## INSTRUCTIONS FOR THE TASK:
Would you please output, word for word, the span of the listing below that opens on the line containing "ports are one." and closes on the line containing "B.items ≡ without_port"? Include both ends and nothing more.

## INFORMATION SHOWN:
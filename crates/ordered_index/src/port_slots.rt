//! The slots of leases by the external ports at which they begin.

ghost use Rattle.std.specs.Prelude.{◌≡◌, ◌<◌, ◌%◌, IfOk, length, slice_set};
ghost use Rattle.std.specs.BTreeMap.{get, is_at};
ghost use Rattle.ordered_index.specs.MapSteps.{HasEntry, IsBlankMap, Inserts, Moves, Removes};
ghost use Rattle.ordered_index.specs.Orders.{port_at, port_cmp};
ghost use Rattle.ordered_index.specs.PortSlots.{port_of, slot_of, with_port, without_port, IsLastSlot};
ghost use Rattle.ordered_index.specs.declared.marks.TheConstants.{MOST_MARKS};
ghost use Rattle.ordered_index.specs.declared.slots.TheConstants.{MOST_SLOTS};

use crate::keys::{Port, port_at};
use crate::marks::{MOST_MARKS, MarkSet};
use crate::slots::MOST_SLOTS;
use ghost_notes::{GhostList, Naming};
use pcp_base::Protocol;
use std::alloc::{AllocError, Global};
use std::collections::BTreeMap;
use std::marker::{Brand, Model};

/// A protocol and an external port of it.
pub type External = (Protocol, u16);

/// The numbers of leases by protocol and external port, of which the slots alone are kept.
///
/// It is seen as an ordered map from protocol numbers and ports to the numbers. A look-up is a look
/// at a bit and one into an array; after it was made it takes no memory.
#[derive(Drop)]
pub struct PortSlots {
    /// The slot of the number under each port that has one.
    slots: Vec<u16>,
    /// Which ports have one.
    marks: MarkSet,
    /// The map, for contracts alone.
    map: GhostList<BTreeMap<Port, u64>>,
}

impl Model for PortSlots {
    ghost use Rattle.std.specs.Prelude.{ℕ};
    ghost use Rattle.std.specs.BTreeMap.{BTreeMap as Map};
    ghost use Rattle.ordered_index.specs.PortSlots.{ArePortSlots, noted, port_map_code};

    ghost Value = { Map (ℕ × ℕ) ℕ };

    ghost coded = { port_map_code };

    ghost view = { λ p. noted p.map };

    ghost invariant = { λ p. ArePortSlots p.slots.items p.marks (noted p.map) };
}

/// So many slots.
fn blank_slots(alloc: Global, count: usize) -> Result<Vec<u16>, AllocError>
    ensures { IfOk result (λ slots. length slots.items ≡ count) }
{
    vec![in alloc; 0; count]
}

/// The place of a port.
#[inline]
fn place_at(port: External) -> usize
    ensures within { result < MOST_MARKS }
    ensures port { port_at port.0 port.1 ≡ port_of result }
{
    let (protocol, port) = port;
    match protocol {
        Protocol::Tcp => usize::from(port),
        Protocol::Udp => 65_536 + usize::from(port),
    }
}

/// Whether both ports are one.
fn is_same(first: External, second: External) -> bool
    ensures { result ≡ is_at (port_cmp (port_at first.0 first.1)) (port_at second.0 second.1) }
{
    place_at(first) == place_at(second)
}

/// Writes the slot that a number names.
fn write_slot(slots: &mut Vec<u16>, place: usize, number: u64)
    requires { place < length slots.old.items }
    ensures { slots.new.items ≡ slice_set slots.old.items place (number % MOST_SLOTS) }
{
    slots[place] = (number % MOST_SLOTS) as u16;
}

/// Notes a number under a port.
fn note_as<B: Naming<BTreeMap<Port, u64>>>(
    map: &mut GhostList<BTreeMap<Port, u64>>,
    port: External,
    number: u64,
)
    requires { B.items ≡ with_port (port_at port.0 port.1) number map.old }
    ensures { map.new ≡ with_port (port_at port.0 port.1) number map.old }
{
    map.set::<B>(1);
}

/// Notes that there is no number under a port.
fn forget_as<B: Naming<BTreeMap<Port, u64>>>(
    map: &mut GhostList<BTreeMap<Port, u64>>,
    port: External,
)
    requires { B.items ≡ without_port (port_at port.0 port.1) map.old }
    ensures { map.new ≡ without_port (port_at port.0 port.1) map.old }
{
    map.set::<B>(1);
}

impl PortSlots {
    /// No port has a number. The one error is want of memory.
    pub fn new(alloc: Global) -> Result<PortSlots, AllocError>
        ensures { IfOk result (λ it. IsBlankMap port_cmp it) }
    {
        let slots = blank_slots(alloc, MOST_MARKS)?;
        let marks = MarkSet::new(alloc)?;
        let map = GhostList::none(alloc)?;
        Ok(PortSlots { slots, marks, map })
    }

    /// Forgets all numbers.
    pub fn clear(&mut self)
        ensures { IsBlankMap port_cmp self.new }
    {
        self.marks.clear();
        self.map.clear();
    }

    /// The slot that the number under a port names.
    #[inline]
    pub fn slot_at(&self, port: External) -> Option<usize>
        ensures { result ≡ slot_of (get port_cmp self.now (port_at port.0 port.1)) }
    {
        let place = place_at(port);
        if !self.marks.contains(place) {
            return None;
        }
        Some(usize::from(self.slots[place]))
    }

    /// The slot that the number under the last port up to this one names.
    pub fn last_slot(&self, port: External) -> Option<usize>
        ensures { IsLastSlot self.now (port_at port.0 port.1) result }
    {
        let Some(place) = self.marks.last_up_to(place_at(port)) else {
            return None;
        };
        Some(usize::from(self.slots[place]))
    }

    /// Puts a number in under a port.
    pub fn insert(&mut self, port: External, number: u64)
        ensures { Inserts port_cmp self.old self.new (port_at port.0 port.1) number }
    {
        let place = place_at(port);
        write_slot(&mut self.slots, place, number);
        self.marks.set(place, true);
        note_as::<Brand>(&mut self.map, port, number);
    }

    /// Takes out the number under a port.
    pub fn remove(&mut self, port: External)
        ensures { Removes port_cmp self.old self.new (port_at port.0 port.1) }
    {
        self.marks.set(place_at(port), false);
        forget_as::<Brand>(&mut self.map, port);
    }

    /// Puts the number that stands under one port under another, which may be the same.
    pub fn shift(&mut self, from: External, to: External, number: u64)
        requires { HasEntry port_cmp self.old (port_at from.0 from.1) number }
        ensures { Moves port_cmp self.old self.new
            (port_at from.0 from.1) (port_at to.0 to.1) number }
    {
        if is_same(from, to) {
            return;
        }
        self.insert(to, number);
        self.remove(from);
    }
}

## RESPONSE AREA:
/// Whether both ports are one.
fn is_same(first: External, second: External) -> bool
    ensures { result ≡ is_at (port_cmp (port_at first.0 first.1)) (port_at second.0 second.1) }
{
    place_at(first) == place_at(second)
}

/// Writes the slot that a number names.
fn write_slot(slots: &mut Vec<u16>, place: usize, number: u64)
    requires { place < length slots.old.items }
    ensures { slots.new.items ≡ slice_set slots.old.items place (number % MOST_SLOTS) }
{
    slots[place] = (number % MOST_SLOTS) as u16;
}

/// Notes a number under a port.
fn note_as<B: Naming<BTreeMap<Port, u64>>>(
    map: &mut GhostList<BTreeMap<Port, u64>>,
    port: External,
    number: u64,
)
    requires { B.items ≡ with_port (port_at port.0 port.1) number map.old }
    ensures { map.new ≡ with_port (port_at port.0 port.1) number map.old }
{
    map.set::<B>(1);
}

/// Notes that there is no number under a port.
fn forget_as<B: Naming<BTreeMap<Port, u64>>>(
    map: &mut GhostList<BTreeMap<Port, u64>>,
    port: External,
)
    requires { B.items ≡ without_port (port_at port.0 port.1) map.old }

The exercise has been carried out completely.